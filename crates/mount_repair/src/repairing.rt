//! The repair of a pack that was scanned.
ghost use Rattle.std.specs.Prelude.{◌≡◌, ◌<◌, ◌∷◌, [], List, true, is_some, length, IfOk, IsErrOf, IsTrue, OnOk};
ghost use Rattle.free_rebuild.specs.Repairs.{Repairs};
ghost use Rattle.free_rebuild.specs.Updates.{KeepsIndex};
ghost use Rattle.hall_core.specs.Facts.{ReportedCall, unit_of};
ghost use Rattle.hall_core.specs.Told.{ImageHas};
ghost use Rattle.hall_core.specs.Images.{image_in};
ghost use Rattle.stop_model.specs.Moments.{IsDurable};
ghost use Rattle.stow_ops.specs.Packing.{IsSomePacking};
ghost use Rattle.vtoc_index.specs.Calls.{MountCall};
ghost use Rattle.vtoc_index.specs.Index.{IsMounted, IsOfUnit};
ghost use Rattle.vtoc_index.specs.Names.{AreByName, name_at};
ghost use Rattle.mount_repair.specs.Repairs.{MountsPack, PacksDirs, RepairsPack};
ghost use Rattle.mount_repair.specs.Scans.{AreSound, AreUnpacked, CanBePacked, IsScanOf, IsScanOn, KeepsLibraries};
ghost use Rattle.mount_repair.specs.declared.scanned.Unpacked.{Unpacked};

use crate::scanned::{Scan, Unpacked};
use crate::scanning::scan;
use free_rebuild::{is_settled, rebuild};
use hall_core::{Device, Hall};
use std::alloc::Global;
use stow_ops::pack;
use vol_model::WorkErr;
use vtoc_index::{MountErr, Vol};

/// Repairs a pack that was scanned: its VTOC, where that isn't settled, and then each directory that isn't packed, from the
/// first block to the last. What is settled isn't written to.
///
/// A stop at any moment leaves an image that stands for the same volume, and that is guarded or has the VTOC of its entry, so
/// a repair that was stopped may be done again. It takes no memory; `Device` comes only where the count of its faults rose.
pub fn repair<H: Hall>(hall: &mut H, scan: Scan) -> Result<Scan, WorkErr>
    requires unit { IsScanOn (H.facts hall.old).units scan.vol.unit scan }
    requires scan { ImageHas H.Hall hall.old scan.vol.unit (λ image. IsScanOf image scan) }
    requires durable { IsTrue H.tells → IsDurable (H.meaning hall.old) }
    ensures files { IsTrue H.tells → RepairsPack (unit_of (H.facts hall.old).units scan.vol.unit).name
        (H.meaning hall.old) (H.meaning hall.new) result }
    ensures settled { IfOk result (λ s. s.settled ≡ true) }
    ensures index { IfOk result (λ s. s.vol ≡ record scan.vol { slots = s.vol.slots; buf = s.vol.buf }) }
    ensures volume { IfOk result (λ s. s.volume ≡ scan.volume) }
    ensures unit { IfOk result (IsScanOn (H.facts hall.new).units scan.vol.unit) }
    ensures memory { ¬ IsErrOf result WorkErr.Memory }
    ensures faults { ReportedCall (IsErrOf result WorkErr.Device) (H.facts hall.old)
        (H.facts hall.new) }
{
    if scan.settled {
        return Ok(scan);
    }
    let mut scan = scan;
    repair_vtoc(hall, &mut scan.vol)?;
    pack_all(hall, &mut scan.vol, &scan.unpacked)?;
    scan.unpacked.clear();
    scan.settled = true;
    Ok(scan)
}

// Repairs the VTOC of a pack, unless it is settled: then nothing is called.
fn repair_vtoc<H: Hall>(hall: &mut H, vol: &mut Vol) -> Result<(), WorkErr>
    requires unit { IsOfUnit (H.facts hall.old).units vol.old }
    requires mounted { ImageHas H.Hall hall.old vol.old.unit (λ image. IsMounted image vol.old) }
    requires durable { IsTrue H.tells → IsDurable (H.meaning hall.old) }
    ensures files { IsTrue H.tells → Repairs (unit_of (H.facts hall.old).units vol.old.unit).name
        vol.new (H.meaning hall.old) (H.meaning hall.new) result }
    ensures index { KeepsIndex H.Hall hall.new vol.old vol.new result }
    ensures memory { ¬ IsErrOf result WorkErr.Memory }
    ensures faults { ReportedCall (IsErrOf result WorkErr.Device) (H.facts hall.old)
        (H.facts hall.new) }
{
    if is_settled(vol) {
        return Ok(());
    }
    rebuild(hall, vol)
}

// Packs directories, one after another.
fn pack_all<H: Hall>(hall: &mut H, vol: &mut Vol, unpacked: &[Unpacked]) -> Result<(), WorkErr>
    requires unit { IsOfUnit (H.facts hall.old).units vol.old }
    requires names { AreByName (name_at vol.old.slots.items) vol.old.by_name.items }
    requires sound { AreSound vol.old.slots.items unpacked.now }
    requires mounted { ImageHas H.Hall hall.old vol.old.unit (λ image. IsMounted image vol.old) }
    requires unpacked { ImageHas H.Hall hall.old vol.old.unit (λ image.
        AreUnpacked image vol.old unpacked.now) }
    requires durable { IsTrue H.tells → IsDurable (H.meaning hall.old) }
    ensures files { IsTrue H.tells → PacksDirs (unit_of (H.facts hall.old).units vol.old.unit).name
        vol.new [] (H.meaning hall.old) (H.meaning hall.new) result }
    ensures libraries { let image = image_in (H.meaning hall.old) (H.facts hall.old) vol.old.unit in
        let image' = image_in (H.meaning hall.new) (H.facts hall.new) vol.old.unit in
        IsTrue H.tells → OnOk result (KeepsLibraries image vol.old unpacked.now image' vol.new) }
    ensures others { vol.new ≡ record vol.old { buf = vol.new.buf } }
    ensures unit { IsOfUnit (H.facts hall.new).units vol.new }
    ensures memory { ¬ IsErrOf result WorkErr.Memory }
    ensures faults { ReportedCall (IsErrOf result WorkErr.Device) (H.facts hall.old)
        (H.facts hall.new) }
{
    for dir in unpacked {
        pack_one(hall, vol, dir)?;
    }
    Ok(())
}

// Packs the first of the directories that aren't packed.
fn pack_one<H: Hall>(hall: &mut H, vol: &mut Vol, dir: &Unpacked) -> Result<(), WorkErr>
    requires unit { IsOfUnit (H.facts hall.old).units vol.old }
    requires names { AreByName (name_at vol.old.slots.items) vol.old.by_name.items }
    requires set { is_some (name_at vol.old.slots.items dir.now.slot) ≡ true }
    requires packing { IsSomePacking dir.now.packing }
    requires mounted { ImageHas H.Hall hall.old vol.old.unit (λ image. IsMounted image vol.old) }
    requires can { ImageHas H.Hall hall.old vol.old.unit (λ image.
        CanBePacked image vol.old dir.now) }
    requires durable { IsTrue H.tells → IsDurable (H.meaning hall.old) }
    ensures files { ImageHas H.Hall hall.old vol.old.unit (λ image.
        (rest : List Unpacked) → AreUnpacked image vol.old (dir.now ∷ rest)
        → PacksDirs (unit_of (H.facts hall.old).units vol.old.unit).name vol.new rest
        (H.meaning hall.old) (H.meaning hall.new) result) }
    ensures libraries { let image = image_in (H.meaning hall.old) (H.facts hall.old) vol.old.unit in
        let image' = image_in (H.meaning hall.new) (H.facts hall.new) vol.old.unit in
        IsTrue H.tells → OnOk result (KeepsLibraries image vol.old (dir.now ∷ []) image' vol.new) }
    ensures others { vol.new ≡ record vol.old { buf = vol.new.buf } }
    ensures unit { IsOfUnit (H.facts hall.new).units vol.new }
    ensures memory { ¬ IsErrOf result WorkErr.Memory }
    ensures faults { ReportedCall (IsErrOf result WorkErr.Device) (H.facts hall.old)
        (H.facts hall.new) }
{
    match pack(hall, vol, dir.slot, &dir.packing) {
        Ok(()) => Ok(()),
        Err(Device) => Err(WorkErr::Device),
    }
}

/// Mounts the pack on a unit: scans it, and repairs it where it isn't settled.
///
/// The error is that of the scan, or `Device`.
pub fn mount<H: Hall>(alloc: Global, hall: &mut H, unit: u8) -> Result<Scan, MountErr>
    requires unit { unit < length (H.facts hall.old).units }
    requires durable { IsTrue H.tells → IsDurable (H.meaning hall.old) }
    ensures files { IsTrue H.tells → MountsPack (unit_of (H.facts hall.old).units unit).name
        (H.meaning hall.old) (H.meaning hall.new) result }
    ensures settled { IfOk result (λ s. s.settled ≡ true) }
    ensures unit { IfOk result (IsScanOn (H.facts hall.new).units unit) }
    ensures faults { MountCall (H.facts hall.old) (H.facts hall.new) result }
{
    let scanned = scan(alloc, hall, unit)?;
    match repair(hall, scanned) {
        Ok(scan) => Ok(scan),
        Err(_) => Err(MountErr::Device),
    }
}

# Task to complete
Examine the listing above and state the number of lines that contain the word "PacksDirs", with no further remarks.

# Written reply
3